> **Task prompt**
From the first line of the records down to the one that holds "pub(crate) fn is_due<L: Lane>(locked: &Locked<L>, due: DueFrom)", transcribe each line exactly and add nothing.

Dataset records
▼
//! From when on a journal is due for a checkpoint.
ghost use Rattle.shard_pool.specs.Due.{TellsMany};

use crate::lane::Lane;
use crate::locked::Locked;

/// From when on a journal is due for a checkpoint: it has so many entries, its Start counted, or its entries keep
/// so many bytes beside themselves.
#[derive(Clone, Copy)]
pub struct DueFrom {
    pub entries: u64,
    pub kept_bytes: u64,
}

/// Whether a shard's journal is due.
#[tactic(auto, using(crate::proofs::Calls::many))]
pub(crate) fn is_due<L: Lane>(locked: &Locked<L>, due: DueFrom) -> bool
    ensures { TellsMany due locked.now.shard result }
{
    locked.entry_count() >= due.entries || locked.kept_bytes() >= due.kept_bytes
}
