// The calls without a seat, each behind the lock of one shard. The journal is read to show that it is legal
// and of the node.
ghost use Rattle.std.specs.Prelude.{◌≡◌};
ghost use Rattle.presence_journal.specs.History.{start_of};
ghost use Rattle.shard_pool.specs.Hands.{without_receipts};
ghost use Rattle.shard_pool.specs.Lines.{IsOfShard};
ghost use Rattle.shard_pool.specs.Unseated.{IsBehindOf, IsCheckpointed, IsDone, IsMadeWhereQuiet};

use crate::due::{DueFrom, is_due};
use crate::lane::Lane;
use crate::locked::Locked;
use crate::locking::lock_of;
use crate::part::Part;
use crate::reply::PoolFault;
use crate::tried::{Tried, make_tried};
use std::alloc::Global;
use std::sync::{Mutex, Wait};
use tracker_shard::{Ask, Call, StartNumber};

/// A call without a seat, which makes room where it lacks some.
#[tactic(auto, using(crate::proofs::Calls::unseated))]
pub fn locked_make<L: Lane, R: Wait, C: Call>(
    rt: &R,
    alloc: Global,
    shard: &Mutex<Locked<L>>,
    call: &C,
) -> Tried<Result<C::Answer, PoolFault>>
    ensures { IsBehindOf (IsOfShard L.node L.begins)
        (λ h. IsDone (C.there call.now) (C.gives call.now) h (C.step call.now) result.answer) }
{
    let mut guard = lock_of(rt, shard);
    make_tried(alloc, &mut *guard, call)
}

/// What is asked without a step.
#[tactic(auto, using(crate::proofs::Calls::unseated))]
pub fn locked_ask<L: Lane, R: Wait, A: Ask>(rt: &R, shard: &Mutex<Locked<L>>, ask: &A) -> A::Answer
    ensures { IsBehindOf (IsOfShard L.node L.begins) (λ h. A.tells ask.now h result) }
{
    let mut guard = lock_of(rt, shard);
    let _journal = guard.journal();
    guard.ask(ask)
}

/// Puts a Start that stands for the journal in its place.
#[tactic(auto, using(crate::proofs::Calls::unseated))]
pub fn locked_checkpoint<L: Lane, R: Wait>(
    rt: &R,
    alloc: Global,
    shard: &Mutex<Locked<L>>,
) -> Result<(), PoolFault>
    ensures { IsBehindOf (IsOfShard L.node L.begins) (λ h. IsCheckpointed h result) }
{
    let mut guard = lock_of(rt, shard);
    let _journal = guard.journal();
    guard.checkpoint(alloc)
}

/// Puts a Start that stands for the journal in its place where the journal is due once the lock is had, and no item waits
/// for a subscriber that isn't behind. What waits for each subscriber is then as it was. `Ok(false)` means that it isn't so,
/// and that nothing changed.
#[tactic(auto, using(crate::proofs::Calls::where_quiet))]
pub fn locked_checkpoint_where_quiet<L: Lane, R: Wait>(
    rt: &R,
    alloc: Global,
    shard: &Mutex<Locked<L>>,
    due: DueFrom,
) -> Result<bool, PoolFault>
    ensures { IsBehindOf (IsOfShard L.node L.begins) (λ h. IsMadeWhereQuiet due h result) }
{
    let mut guard = lock_of(rt, shard);
    let _journal = guard.journal();
    if !is_due(&guard, due) {
        return Ok(false);
    }
    if !guard.is_quiet(alloc)? {
        return Ok(false);
    }
    guard.checkpoint_keeping_current(alloc)?;
    Ok(true)
}

/// Drops the receipts of a seat's part up to the Start of its shard's journal, those that have no entry any more, and gives
/// the number of that Start.
pub fn locked_trim<L: Lane, R: Wait>(rt: &R, shard: &Mutex<Locked<L>>, part: &mut Part<L>) -> u64
    ensures start { IsBehindOf (IsOfShard L.node L.begins) (λ h. result ≡ (start_of h).number) }
    ensures forgets { part.new ≡ without_receipts part.old result }
{
    let start = locked_ask(rt, shard, &StartNumber);
    part.forget(start);
    start
}
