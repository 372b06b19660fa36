//! A seat's part.
use crate::lane::Lane;
use shard_pool_settled::Receipt;
use std::alloc::AllocError;
use std::marker::Model;
use std::sync::ledger::Share;

/// A seat at one shard: its receipts there, and its share of that shard's count of seated calls.
#[derive(Drop)]
pub struct Part<L: Lane> {
    pub(crate) seat: u32,
    pub(crate) shard: u32,
    pub(crate) receipts: Vec<Receipt>,
    pub(crate) share: Share<L>,
}

impl<L: Lane> Model for Part<L> {
    ghost use Rattle.std.specs.Prelude.{◌≡◌};
    ghost use Rattle.shard_pool.specs.Hands.{Hand};
    ghost use Rattle.shard_pool.specs.HandCodes.{hand_code};

    ghost Value = { Hand };

    ghost coded = { hand_code };

    ghost view = { λ p. record { seat = p.seat; shard = p.shard; receipts = p.receipts.items; share = p.share.amount } };

    ghost invariant = { λ p. p.share.parts ≡ 1 };
}

impl<L: Lane> Part<L> {
    ghost use Rattle.std.specs.Prelude.{◌≡◌, []};
    ghost use Rattle.shard_pool.specs.Hands.{new_hand, without_receipts};

    /// A part with one of the ledger's parts, for a seat that made no call yet.
    pub fn new(seat: u32, shard: u32, receipts: Vec<Receipt>, share: Share<L>) -> Part<L>
        requires receipts { receipts.items ≡ [] }
        requires share { (share.parts ≡ 1) × (share.amount ≡ 0) }
        ensures { result ≡ new_hand seat shard }
    {
        Part {
            seat,
            shard,
            receipts,
            share,
        }
    }

    /// The receipts, the oldest first.
    pub fn receipts(&self) -> &[Receipt]
        ensures { result.now ≡ self.now.receipts }
    {
        self.receipts.as_slice()
    }

    /// The seat's number.
    pub fn seat(&self) -> u32
        ensures { result ≡ self.now.seat }
    {
        self.seat
    }

    /// The shard's number.
    pub fn shard(&self) -> u32
        ensures { result ≡ self.now.shard }
    {
        self.shard
    }

    /// Makes room for one more receipt.
    pub fn make_room(&mut self) -> Result<(), AllocError>
        ensures { self.new ≡ self.old }
    {
        self.receipts.reserve(1)
    }

    /// Drops the receipts that are numbered at most `upto`. The calls stay counted.
    pub fn forget(&mut self, upto: u64)
        ensures { self.new ≡ without_receipts self.old upto }
    {
        self.receipts.retain(|receipt| receipt.number > upto);
    }
}
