// Whether a step was made, and how it is counted.
ghost use Rattle.std.specs.Prelude.{◌≡◌};
ghost use Rattle.shard_pool.specs.Lent.{is_step, counted};

use crate::lane::Lane;
use std::sync::ledger::{Book, Share};
use tracker_shard::ShardFault;

// Whether the answer stands for a step that was made.
pub(crate) fn is_made<T: Drop>(answer: &Result<T, ShardFault>) -> bool
    ensures { result ≡ is_step answer.now }
{
    match answer {
        Ok(_) | Err(ShardFault::AlreadyTracked | ShardFault::NoPresence) => true,
        Err(_) => false,
    }
}

// One call more in the book and in the share, where a step was made.
pub(crate) fn count_call<L: Lane>(calls: &mut Book<L>, share: &mut Share<L>, made: bool)
    requires { share.old.parts ≡ 1 }
    ensures total { calls.new.total ≡ counted calls.old.total made }
    ensures amount { share.new.amount ≡ counted share.old.amount made }
    ensures parts { share.new.parts ≡ share.old.parts }
{
    if made {
        calls.add(share, 1);
    }
}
▲
> **Result of the task**
//! From when on a journal is due for a checkpoint.
ghost use Rattle.shard_pool.specs.Due.{TellsMany};

use crate::lane::Lane;
use crate::locked::Locked;

/// From when on a journal is due for a checkpoint: it has so many entries, its Start counted, or its entries keep
/// so many bytes beside themselves.
#[derive(Clone, Copy)]
pub struct DueFrom {
    pub entries: u64,
    pub kept_bytes: u64,
}

/// Whether a shard's journal is due.
#[tactic(auto, using(crate::proofs::Calls::many))]
pub(crate) fn is_due<L: Lane>(locked: &Locked<L>, due: DueFrom) -> bool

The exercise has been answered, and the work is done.